Lisa menganga ketika mendengar ucapan guru olahraganya itu. Mulanya, dia hendak pergi ke kamar mandi bersama Mina untuk berganti baju seragam olahraga. Namun tiba-tiba guru bertubuh tinggi itu mendatangi kelasnya dan mengumumkan jika Lisa tidak perlu mengikuti kelas olahraga. Tentu saja Lisa protes dan meminta penjelasan pada pria berusia 30 tahun itu. Dan ternyata ini semua adalah ulah ayahnya.
"Lalu bagaimana aku mendapatkan nilai?" tanya Lisa menatap aneh gurunya itu.
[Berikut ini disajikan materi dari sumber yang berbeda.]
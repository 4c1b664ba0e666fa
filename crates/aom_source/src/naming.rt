//! Comments with the source's names: of the words and fields of a class, and of what the registers of a method hold.
use crate::text::Text;
use aom_source_code::{Code, NamedRegister};
use aom_source_program::Class;

/// How many registers a method has.
const REGISTERS: usize = 16;

/// Writes the words and fields of a class by name, those of its parents first.
pub fn write_members(text: &mut Text, class: &Class<'_>) {
    for at in 0..class.words.len() {
        write_name(text, at == 0, b"w", at, class.words[at]);
    }
    for at in 0..class.fields.len() {
        let is_first = at == 0 && class.words.is_empty();
        write_name(text, is_first, b"f", at, class.fields[at].name);
    }
}

/// Writes each register with the parameters and locals that it holds, in the order in which their blocks end. A name that it has twice is written once.
pub fn write_registers(text: &mut Text, code: &Code<'_>) {
    let mut is_first = true;
    for register in 0..REGISTERS {
        if write_locals(text, is_first, code, register) {
            is_first = false;
        }
    }
}

/// Writes what a register holds, and tells whether that has a name.
fn write_locals(text: &mut Text, is_first: bool, code: &Code<'_>, register: usize) -> bool {
    let mut is_named = false;
    for at in 0..code.names.len() {
        let named = code.names[at];
        if named.register == register && is_new(&code.names[..at], named) {
            write_name(text, is_first && !is_named, b"r", register, named.name);
            is_named = true;
        }
    }
    is_named
}

/// Whether there is a name that the register does not have by an earlier entry.
fn is_new<'a>(earlier: &[NamedRegister<'a>], named: NamedRegister<'a>) -> bool {
    !named.name.is_empty()
        && !earlier.iter().any(|other| other.register == named.register && other.name == named.name)
}

fn write_name(text: &mut Text, is_first: bool, letter: &[u8], number: usize, name: &[u8]) {
    text.words(if is_first { b" # " } else { b", " });
    text.count(letter, i64::try_from(number).unwrap_or(i64::MAX));
    text.words(b" ");
    text.words(name);
}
Saat ini mereka sedang berada di depan kelas. Berbicara empat mata.
"Aku akan memberi nilai yang sama seperti nilaimu sebelumnya."
"Bukankah itu tidak adil?" jika Lisa adalah orang jahat, mungkin dia akan senang dengan keputusan gurunya itu. Namun nyatanya gadis itu bukan seseorang yang picik dan merasa risih dengan pilihan gurunya.
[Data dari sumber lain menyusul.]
//! A source translated: to an assembly text by its names, to the image that the text denotes, and to a map from each line of the text to the source.
//!
//! What is answered is judged by the verifier, as every image is. The translator promises that the text assembles to the image, and the places of its faults.
#![tactic(auto)]

mod driving;
mod labels;
mod listing;
mod naming;
mod ordering;
mod refusal;
mod scoping;
mod text;
mod translating;
mod writing;

pub use refusal::Refusal;
pub use translating::{Translation, translate};
pub use writing::{Origin, Written};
"Ini lebih baik dari pada aku harus di tendang dari sekolah ini oleh ayahmu," ketika mengucapkan itu, sang guru tersenyum. Benar-benar berusaha meyakinkan Lisa jika tidak masalah jika dia bebas dari pelajaran melelahkan itu.
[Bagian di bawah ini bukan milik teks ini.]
//! Which methods are quiet, and the order in which an image has the methods.
use aom_source_methods::{Summaries, Summary};
use aom_source_program::{ClassId, Fault, FaultKind, MethodId, Program, Role, Thing};

/// The methods that quiet ones call, with all that override them.
pub fn quiet_methods<'a>(
    program: &Program<'a>,
    summaries: &Summaries<'a>,
) -> Result<Vec<bool>, Fault<'a>> {
    let mut quiet: Vec<bool> = Vec::new(program.alloc);
    let mut waiting: Vec<MethodId> = Vec::new(program.alloc);
    for at in 0..program.methods.len() {
        quiet.push(false)?;
        if program.methods[at].role.is_quiet() {
            waiting.push(MethodId(at))?;
        }
    }
    for _ in 0..program.methods.len().saturating_mul(2) {
        let Some(next) = waiting.pop() else {
            return Ok(quiet);
        };
        let Some(Some(summary)) = summaries.get(next.0) else {
            continue;
        };
        for called in &summary.calls {
            for method in &program.family(*called)? {
                if method.0 < quiet.len() && !quiet[method.0] {
                    quiet[method.0] = true;
                    waiting.push(*method)?;
                }
            }
        }
    }
    Ok(quiet)
}

/// A method that waits for those that stand before it.
#[derive(Drop)]
struct Waiting {
    method: MethodId,
    before: Vec<MethodId>,
    done: usize,
}

/// The order of methods, on the way.
#[derive(Drop)]
struct Ordering<'s, 'a> {
    program: &'s Program<'a>,
    summaries: &'s Summaries<'a>,
    /// New, open, done.
    marks: Vec<u8>,
    order: Vec<MethodId>,
}

/// The order in which an image has the methods: cancel methods and destructors first, main last, and each behind what it calls or may delete.
pub fn order_methods<'s, 'a>(
    program: &'s Program<'a>,
    summaries: &'s Summaries<'a>,
) -> Result<Vec<MethodId>, Fault<'a>> {
    let mut ordering = Ordering {
        program,
        summaries,
        marks: Vec::new(program.alloc),
        order: Vec::new(program.alloc),
    };
    for _ in 0..program.methods.len() {
        ordering.marks.push(0)?;
    }
    for class in &program.class_order {
        for role in [Role::Cancel, Role::Destruct] {
            if let Some(method) = program.class(*class)?.role(role) {
                ordering.visit(method)?;
            }
        }
    }
    for method in &listed_methods(program)? {
        ordering.visit(*method)?;
    }
    ordering.visit(program.main.ok_or(Fault::internal())?)?;
    let Ordering { order, .. } = ordering;
    Ok(order)
}

/// The methods of all classes in their order, then those of no class. Main is not among them.
pub fn listed_methods<'a>(program: &Program<'a>) -> Result<Vec<MethodId>, Fault<'a>> {
    let mut listed: Vec<MethodId> = Vec::new(program.alloc);
    for class in &program.class_order {
        for entry in &program.class(*class)?.roles {
            listed.push(entry.1)?;
        }
        for method in &program.class(*class)?.methods {
            listed.push(*method)?;
        }
    }
    for at in 0..program.declared.min(program.methods.len()) {
        let method = &program.methods[at];
        if method.class.is_none() && method.role != Role::Main {
            listed.push(MethodId(at))?;
        }
    }
    Ok(listed)
}

impl<'s, 'a> Ordering<'s, 'a> {
    fn visit(&mut self, method: MethodId) -> Result<(), Fault<'a>> {
        let mut waiting: Vec<Waiting> = Vec::new(self.program.alloc);
        self.enter(method, &mut waiting)?;
        for _ in 0..self
            .program
            .methods
            .len()
            .saturating_mul(self.program.methods.len())
            .saturating_add(64)
            .saturating_mul(2)
        {
            let Some(last) = waiting.pop() else {
                return Ok(());
            };
            let Waiting {
                method,
                before,
                done,
            } = last;
            match before.get(done).copied() {
                Some(next) => {
                    waiting.push(Waiting {
                        method,
                        before,
                        done: done.saturating_add(1),
                    })?;
                    self.enter(next, &mut waiting)?;
                }
                None => {
                    if method.0 < self.marks.len() {
                        self.marks[method.0] = 2;
                    }
                    self.order.push(method)?;
                }
            }
        }
        Err(Fault::internal())
    }

    fn enter(&mut self, method: MethodId, waiting: &mut Vec<Waiting>) -> Result<(), Fault<'a>> {
        if self.marks.len() <= method.0 || self.marks[method.0] == 2 {
            return Ok(());
        }
        if self.marks[method.0] == 1 {
            return Err(self.goes_round(method)?);
        }
        self.marks[method.0] = 1;
        waiting.push(Waiting {
            method,
            before: self.before(method)?,
            done: 0,
        })?;
        Ok(())
    }

    /// The fault of a method that would stand before itself; a destructor does so where its class owns its like.
    fn goes_round(&self, method: MethodId) -> Result<Fault<'a>, Fault<'a>> {
        let found = self.program.method(method)?;
        if let (Role::Destruct, Some(class)) = (found.role, found.class) {
            let class = self.program.class(class)?;
            return Ok(Fault::at(FaultKind::ClassCycle, class.token).about(class.name));
        }
        Ok(Fault::at(FaultKind::Recursion, found.token).about(found.name))
    }

    /// What stands before a method.
    fn before(&self, id: MethodId) -> Result<Vec<MethodId>, Fault<'a>> {
        let mut before: Vec<MethodId> = Vec::new(self.program.alloc);
        let Some(Some(summary)) = self.summaries.get(id.0) else {
            return Ok(before);
        };
        for called in &summary.calls {
            for method in &self.program.family(*called)? {
                before.push(*method)?;
            }
        }
        self.add_destructors(id, summary, &mut before)?;
        if summary.cancels {
            self.add_cancels(id, &mut before)?;
        }
        Ok(before)
    }

    fn add_cancels(&self, id: MethodId, before: &mut Vec<MethodId>) -> Result<(), Fault<'a>> {
        let class = self.program.method(id)?.class.ok_or(Fault::internal())?;
        for other in &self.program.class_order {
            if self.program.descends(*other, class) {
                if let Some(cancel) = self.program.role(*other, Role::Cancel) {
                    before.push(cancel)?;
                }
            }
        }
        Ok(())
    }

    /// The destructors of what a method may delete, by their names in the text.
    fn add_destructors(
        &self,
        id: MethodId,
        summary: &Summary<'a>,
        before: &mut Vec<MethodId>,
    ) -> Result<(), Fault<'a>> {
        let mut found: Vec<MethodId> = Vec::new(self.program.alloc);
        for class in &self.mentioned(id, summary)? {
            self.add_destructors_of(*class, id, &mut found)?;
        }
        for _ in 0..found.len() {
            match self.least(&found)? {
                Some(at) if at < found.len() => before.push(found.remove(at))?,
                _ => return Err(Fault::internal()),
            }
        }
        Ok(())
    }

    /// The method that comes first by its name in the text.
    fn least(&self, found: &Vec<MethodId>) -> Result<Option<usize>, Fault<'a>> {
        let mut least: Option<usize> = None;
        for at in 0..found.len() {
            let is_less = match least {
                None => true,
                Some(other) if other < found.len() => is_below(
                    &self.program.method(found[at])?.label,
                    &self.program.method(found[other])?.label,
                ),
                Some(_) => false,
            };
            if is_less {
                least = Some(at);
            }
        }
        Ok(least)
    }

    /// The classes whose objects a method may delete, by their declared classes.
    fn mentioned(&self, id: MethodId, summary: &Summary<'a>) -> Result<Vec<ClassId>, Fault<'a>> {
        let program = self.program;
        let method = program.method(id)?;
        let mut classes: Vec<ClassId> = Vec::new(program.alloc);
        for class in &summary.mentions {
            classes.push(*class)?;
        }
        if let Some(class) = method.class {
            for field in &program.class(class)?.fields {
                if let Thing::Object(class) = field.thing {
                    classes.push(class)?;
                }
            }
        }
        if method.role == Role::Main {
            if let Some(root) = program.root {
                classes.push(root)?;
            }
        }
        if let Some(class) = method.gives.class() {
            classes.push(class)?;
        }
        Ok(classes)
    }

    /// The destructors of all classes that descend from one, and of their sessions.
    fn add_destructors_of(
        &self,
        class: ClassId,
        id: MethodId,
        found: &mut Vec<MethodId>,
    ) -> Result<(), Fault<'a>> {
        let program = self.program;
        for other in &program.class_order {
            if !program.descends(*other, class) {
                continue;
            }
            self.add_line(*other, id, found)?;
            if let Some(session) = program.class(*other)?.session {
                self.add_line(session, id, found)?;
            }
        }
        Ok(())
    }

    fn add_line(
        &self,
        class: ClassId,
        id: MethodId,
        found: &mut Vec<MethodId>,
    ) -> Result<(), Fault<'a>> {
        let mut next = Some(class);
        for _ in 0..=self.program.classes.len() {
            let Some(at) = next else {
                return Ok(());
            };
            if let Some(method) = self.program.class(at)?.role(Role::Destruct) {
                if method == id {
                    return Err(self.goes_round(id)?);
                }
                if !found.contains(&method) {
                    found.push(method)?;
                }
            }
            next = self.program.parent(at);
        }
        Ok(())
    }
}

fn is_below(one: &Vec<u8>, other: &Vec<u8>) -> bool {
    for at in 0..one.len().min(other.len()) {
        if one[at] != other[at] {
            return one[at] < other[at];
        }
    }
    one.len() < other.len()
}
Lisa menyandarkan tubuhnya di dinding ketika teman-temannya mulai berhamburan keluar dari kelas. Membuat mereka berdua harus terpaksa menghentikan obrolan yang cukup serius itu.
"Ah, Eunwoo-ssi. Bisa kau ambilkan bola basket di gudang?" guru lelaki bernama Kim Namjoon itu memanggil salah satu murid kelas Lisa yang hendak berjalan keluar dari kelas.
"Aniyo. Biar aku saja." Lisa kembali menegakkan tubuhnya.
"Kau--"
"Hanya mengambil bola tidak akan sebanding dengan kerja keras teman-temanku mengikuti pelajaranmu. Jika kau mau aku mengikuti saranmu, kau juga harus begitu." Lisa tersenyum penuh kemenangan. Setidaknya, dia harus sedikit berguna untuk pelajaran itu walaupun tidak mengikutinya. Gadis itu masih merasa tidak adil jika dia tak melakukan apapun namun mendapat nilai yang sama bahkan lebih dari teman-temannya.
"Arraseo. Kau cukup ambil dua buah. Tidak lebih." Ujar Namjoon dengan wajah pasrah.
"Dengan senang hati." Gadis berponi yang masih lengkap dengan seragamnya itu melangkah dengan riang menjauh dari ruang kelasnya. Hingga pada belokan pertama dia berpapasan dengan Rosé yang berjalan bersama temannya.
"Kau tidak masuk kelas?" tanya Rosé yang bingung mendapati adiknya masih berkeliaran di koridor sedangkan bel sudah berbunyi sekitar 10 menit lalu.
"Aku ingin mengambil bola basket untuk pelajaran olahraga." Jawab Lisa sembari melempar senyum ramah pada teman Rosé.
"Kenapa harus kau?" pertanyaan dengan nada tak suka itu membuat Lisa meringis.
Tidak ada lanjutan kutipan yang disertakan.